Movimentos apóiam posição do governo mas querem rotulagem já

CURITIBA – A divulgação, na noite de segunda-feira (13), da posição oficial do Brasil sobre a polêmica da terminologia a ser aplicada a carregamentos transfronteriços de Organismos Vivos Geneticamente Modificados (OVMs) – a defesa do uso do termo “contém transgênicos” onde já ocorre segregação, com um prazo de até quatro anos para adequação e permissão do uso do “pode conter” aos que ainda não adotaram o mecanismo -, foi comemorada por movimentos e organizações sociais como uma vitória ou garantia parcial da biossegurança.
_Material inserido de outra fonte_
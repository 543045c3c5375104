//! What the front of a run of items does to a walk over them, and what a walk is.
ghost use Rattle.std.specs.Prelude.{◌≡◌, ◌+◌, ℕ, Bool, List, IfOk, IsOk};
ghost use Rattle.wt_wire.specs.declared.side.StreamEnd.{StreamEnd};
ghost use Rattle.wt_proto.specs.declared.walk.Step.{Step};

use std::alloc::Global;
use wt_wire::error::OutOfMemory;
use wt_wire::side::StreamEnd;

/// The item at the front. A size counts the bytes of the whole item, of which not all need be there.
#[derive(Clone, Copy, Debug, PartialEq, Eq, Drop)]
pub enum Step<S, O> {
    /// The bytes end before anything is decided.
    Cut,
    /// After the item the walk goes on in this state.
    Goes(S, u64),
    /// With the item's last byte the walk stops with this outcome.
    Stops(O, u64),
}

/// A walk over the items of a stream, one after the other, up to the one that stops it. What an
/// item does is decided by the state that the items before it left and by the item's own bytes
/// alone.
pub trait Walk {
    /// What the items before leave.
    type State: Drop;
    /// What the walk is for.
    type Outcome: Drop;

    // the state in front of the first item
    ghost start_state: { Self.State };

    // what the item at the front does
    ghost decides: { Self.State → List ℕ → Step Self.State Self.Outcome };

    // how many bytes there have to be at least before anything is decided
    ghost wants: { List ℕ → ℕ };

    // the outcome where no item stopped the walk: by the end, the state, and whether the bytes end between two items
    ghost unfinished_at: { StreamEnd → Self.State → Bool → Self.Outcome };

    // whether an outcome is final: no byte is taken after it
    ghost is_final_outcome: { Self.Outcome → Bool };

    // the outcome of all bytes and the end
    ghost outcome_of: { List ℕ → StreamEnd → Self.Outcome };

    // what shows that a step takes no memory, if anything does
    ghost never_fails: { Type 0 } = { ⊥ };

    /// The state in front of the first item.
    fn start() -> Self::State
        ensures { result ≡ start_state };

    /// What the item at the front does.
    fn step(
        alloc: Global,
        state: &Self::State,
        bytes: &[u8],
    ) -> Result<Step<Self::State, Self::Outcome>, OutOfMemory>
        ensures step { IfOk result (λ step. step ≡ decides state.now bytes.now) }
        ensures never { never_fails → IsOk result };

    /// How many bytes there have to be at least before anything is decided.
    fn wanted(bytes: &[u8]) -> usize
        ensures { result ≡ wants bytes.now };

    /// The outcome where no item stopped the walk.
    fn unfinished(
        alloc: Global,
        end: StreamEnd,
        state: &Self::State,
        between: bool,
    ) -> Self::Outcome
        ensures { result ≡ unfinished_at end state.now between };

    /// Whether the outcome is final, so that no byte is taken after it.
    fn is_final(outcome: &Self::Outcome) -> bool
        ensures { result ≡ is_final_outcome outcome.now };
}

/// The offset after an item. One above 2^64 - 1 is more than any memory counts.
pub(crate) fn after_item(offset: u64, size: u64) -> Result<u64, OutOfMemory>
    ensures { IfOk result (λ next_offset. next_offset ≡ offset + size) }
{
    offset.checked_add(size).ok_or(OutOfMemory)
}
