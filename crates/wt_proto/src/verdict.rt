//! What a peer's stream turns out to be.
ghost use Rattle.std.specs.Prelude.{◌≡◌, ◌≤◌};
ghost use Rattle.wt_proto.specs.Uni.{at_stream_end, is_final, session_header_at, session_verdict, uni_header_at, uni_verdict_of};
ghost use Rattle.wt_wire.specs.Varint.{varint_at};

use crate::walk::{Step, Walk};
use crate::wanted::uni_wanted;
use std::alloc::Global;
use wt_message::session::SessionRequest;
use wt_wire::error::{ErrorCode, OutOfMemory};
use wt_wire::ids::{SessionId, StreamId};
use wt_wire::side::StreamEnd;
use wt_wire::varint::{VarInt, read_varint};

/// What the front of a peer's stream says. A number is the offset of the first byte after what was
/// read.
///
/// ```text
/// Incomplete --more bytes--> Incomplete
///            --a whole header--> WebTransport, Control, Encoder, Decoder, Request, Refused, Dropped or Fault
///            --the end inside the header--> Dropped
/// ```
///
/// Every verdict but Incomplete is final: no byte and no end changes it.
#[derive(Debug, Drop)]
pub enum Verdict {
    /// More bytes or an end have to come first.
    Incomplete,
    /// A stream of this session.
    WebTransport(SessionId, usize),
    /// The control stream (RFC 9114, section 6.2.1).
    Control(usize),
    /// The stream of the peer's QPACK encoder (RFC 9204, section 4.2).
    Encoder(usize),
    /// The stream of the peer's QPACK decoder (RFC 9204, section 4.2).
    Decoder(usize),
    /// A request for a session.
    Request(SessionRequest, usize),
    /// The request is refused with this code, and the connection goes on.
    Refused(ErrorCode),
    /// The stream is of no use.
    Dropped,
    /// The connection closes with this code.
    Fault(ErrorCode),
}

/// What a header that the end cuts says.
pub(crate) fn verdict_at_stream_end(end: StreamEnd) -> Verdict
    ensures { result ≡ at_stream_end end }
{
    match end {
        StreamEnd::Running => Verdict::Incomplete,
        // A stream may be given up before its header is whole (RFC 9114, section 6.2), so that is no fault.
        StreamEnd::Fin | StreamEnd::Reset(_) => Verdict::Dropped,
    }
}

/// The session that a stream names in front of this offset.
pub(crate) fn of_session(id: VarInt, offset: usize) -> Verdict
    ensures { result ≡ session_verdict id offset }
{
    match SessionId::try_from_session_stream(StreamId::new(id)) {
        Some(session) => Verdict::WebTransport(session, offset),
        // H3_ID_ERROR: no CONNECT request can have come on a stream of this id (draft-ietf-webtrans-http3,
        // section 4).
        None => Verdict::Fault(ErrorCode::Id),
    }
}

impl Verdict {
    /// Whether it stays, whatever bytes and end come.
    pub(crate) fn is_final(&self) -> bool
        ensures { result ≡ is_final self.now }
    {
        match self {
            Verdict::Incomplete => false,
            _ => true,
        }
    }
}

/// What the header in front of the bytes says, and how many bytes it takes.
fn uni_header(bytes: &[u8]) -> Option<(Verdict, usize)>
    ensures { result ≡ uni_header_at bytes.now }
{
    let (kind, offset) = read_varint(bytes)?;
    match kind.into_inner() {
        0x00 => Some((Verdict::Control(offset), offset)),
        0x02 => Some((Verdict::Encoder(offset), offset)),
        0x03 => Some((Verdict::Decoder(offset), offset)),
        0x54 => session_header(&bytes[offset..], offset),
        // A type that isn't known must not be treated as an error (RFC 9114, section 6.2); push streams are
        // treated alike (this repository's rule).
        _ => Some((Verdict::Dropped, offset)),
    }
}

/// The id of a session, after a type of `offset` bytes.
fn session_header(bytes: &[u8], offset: usize) -> Option<(Verdict, usize)>
    requires { offset ≤ 8 }
    ensures { result ≡ session_header_at offset (varint_at bytes.now) }
{
    let (id, length) = read_varint(bytes)?;
    Some((of_session(id, offset + length), offset + length))
}

/// The walk over the header of a peer's unidirectional stream.
pub struct UniHeader;

impl Walk for UniHeader {
    type State = ();

    type Outcome = Verdict;

    ghost use Rattle.std.specs.Prelude.{⊤};
    ghost use Rattle.wt_proto.specs.Uni.{is_final, uni_decides, uni_unfinished, uni_verdict_of};
    ghost use Rattle.wt_proto.specs.Wanted.{uni_wants};

    ghost start_state = { tt };

    ghost decides = { uni_decides };

    ghost wants = { uni_wants };

    ghost unfinished_at = { uni_unfinished };

    ghost is_final_outcome = { is_final };

    ghost outcome_of = { uni_verdict_of };

    ghost never_fails = { ⊤ };

    fn start() {}

    #[tactic(auto, unfolding(crate::specs::Uni::uni_decides))]
    fn step(_alloc: Global, _state: &(), bytes: &[u8]) -> Result<Step<(), Verdict>, OutOfMemory> {
        match uni_header(bytes) {
            Some((verdict, size)) => Ok(Step::Stops(verdict, size as u64)),
            None => Ok(Step::Cut),
        }
    }

    fn wanted(bytes: &[u8]) -> usize {
        uni_wanted(bytes)
    }

    fn unfinished(_alloc: Global, end: StreamEnd, _state: &(), _between: bool) -> Verdict {
        verdict_at_stream_end(end)
    }

    fn is_final(verdict: &Verdict) -> bool {
        verdict.is_final()
    }
}

/// The verdict of a peer's unidirectional stream over its bytes and its end: its type stands in
/// front (RFC 9114, section 6.2; RFC 9204, section 4.2; draft-ietf-webtrans-http3, section 4.2).
#[tactic(auto, unfolding(crate::specs::Uni::uni_verdict_of))]
pub fn uni_verdict(bytes: &[u8], end: StreamEnd) -> Verdict
    ensures { result ≡ uni_verdict_of bytes.now end }
{
    match uni_header(bytes) {
        Some((verdict, _)) => verdict,
        None => verdict_at_stream_end(end),
    }
}
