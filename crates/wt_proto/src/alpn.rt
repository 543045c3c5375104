//! The protocol name of the TLS handshake (RFC 7301, section 3.1).

/// The protocol name that both ends agree on in the TLS handshake: "h3" (RFC 9114, section 3.1).
pub const WEBTRANSPORT_ALPN: [u8; 2] = [0x68, 0x33];
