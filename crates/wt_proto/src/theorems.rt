//! Theorems on the definitions and the values of this crate, each a function whose contract states
//! it.

pub mod byte_strings;
pub mod laws;
pub mod rows;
Nesta terça (14), entidades que compõe a campanha “Brasil Livre de Transgênicos” emitiram uma nota em que reconhecem o avanço do país em relação à posição anterior (defendida no ano passado na última reunião da
CDB em Montreal), favorável ao “pode conter”, mas condenaram veementemente o prazo de quatro anos de adaptação, uma vez que, segundo elas, passaram-se seis anos desde a criação do Protocolo de Cartagena, tempo suficiente para a adequação exigida pelos mecanismos de biossegurança.

A exigência de rotulagem já, que foi apresentada à ministra Marina Silva (Meio Ambiente) na tarde desta terça tem dois fundamentos. Segundo Marcelo Furtado, coordenador de campanhas do Greenpeace, é imprescindível que o debate sobre a rotulagem deixe de se fundamentar em argumentos de mercado, como querem empresas transnacionais de sementes e as agroexportadoras – o setor tem argumentado que a segregação e a identificação encareceriam muito a comercialização de commodities agrícolas – e se concentre nos aspectos da biossegurança.

Já a advogada Maria Rita Reis, membro da ONG Terra de Direitos, argumenta que a segregação, na realidade, já vem sendo feita pelas grandes empresas agroexportadoras, seja para obter melhores preços para soja convencional no mercado europeu, estratégia adotada, segundo ela, por empresas como Syngenta e Bunge, seja para cobrar royalties de produtores, como faz a Monsanto.

Segundo Maria Rita, a oferta de um prazo de quatro anos de adequação deve ajudar as empresas numa estratégia perigosa, a de inverter a lógica da rotulagem. “A aposta é que o plantio de transgênicos se dissemine em tal volume neste período, que se faça necessária uma identificação ao contrário: a rotulagem das sementes tradicionais. Como hoje é feito com os produtos orgânicos. O mercado quer que uma elite tenha a possibilidade de se alimentar bem, e o resto do povo seja obrigado a consumir lixo. Nesses quatro anos, eles querem contar novamente com um fato consumado”.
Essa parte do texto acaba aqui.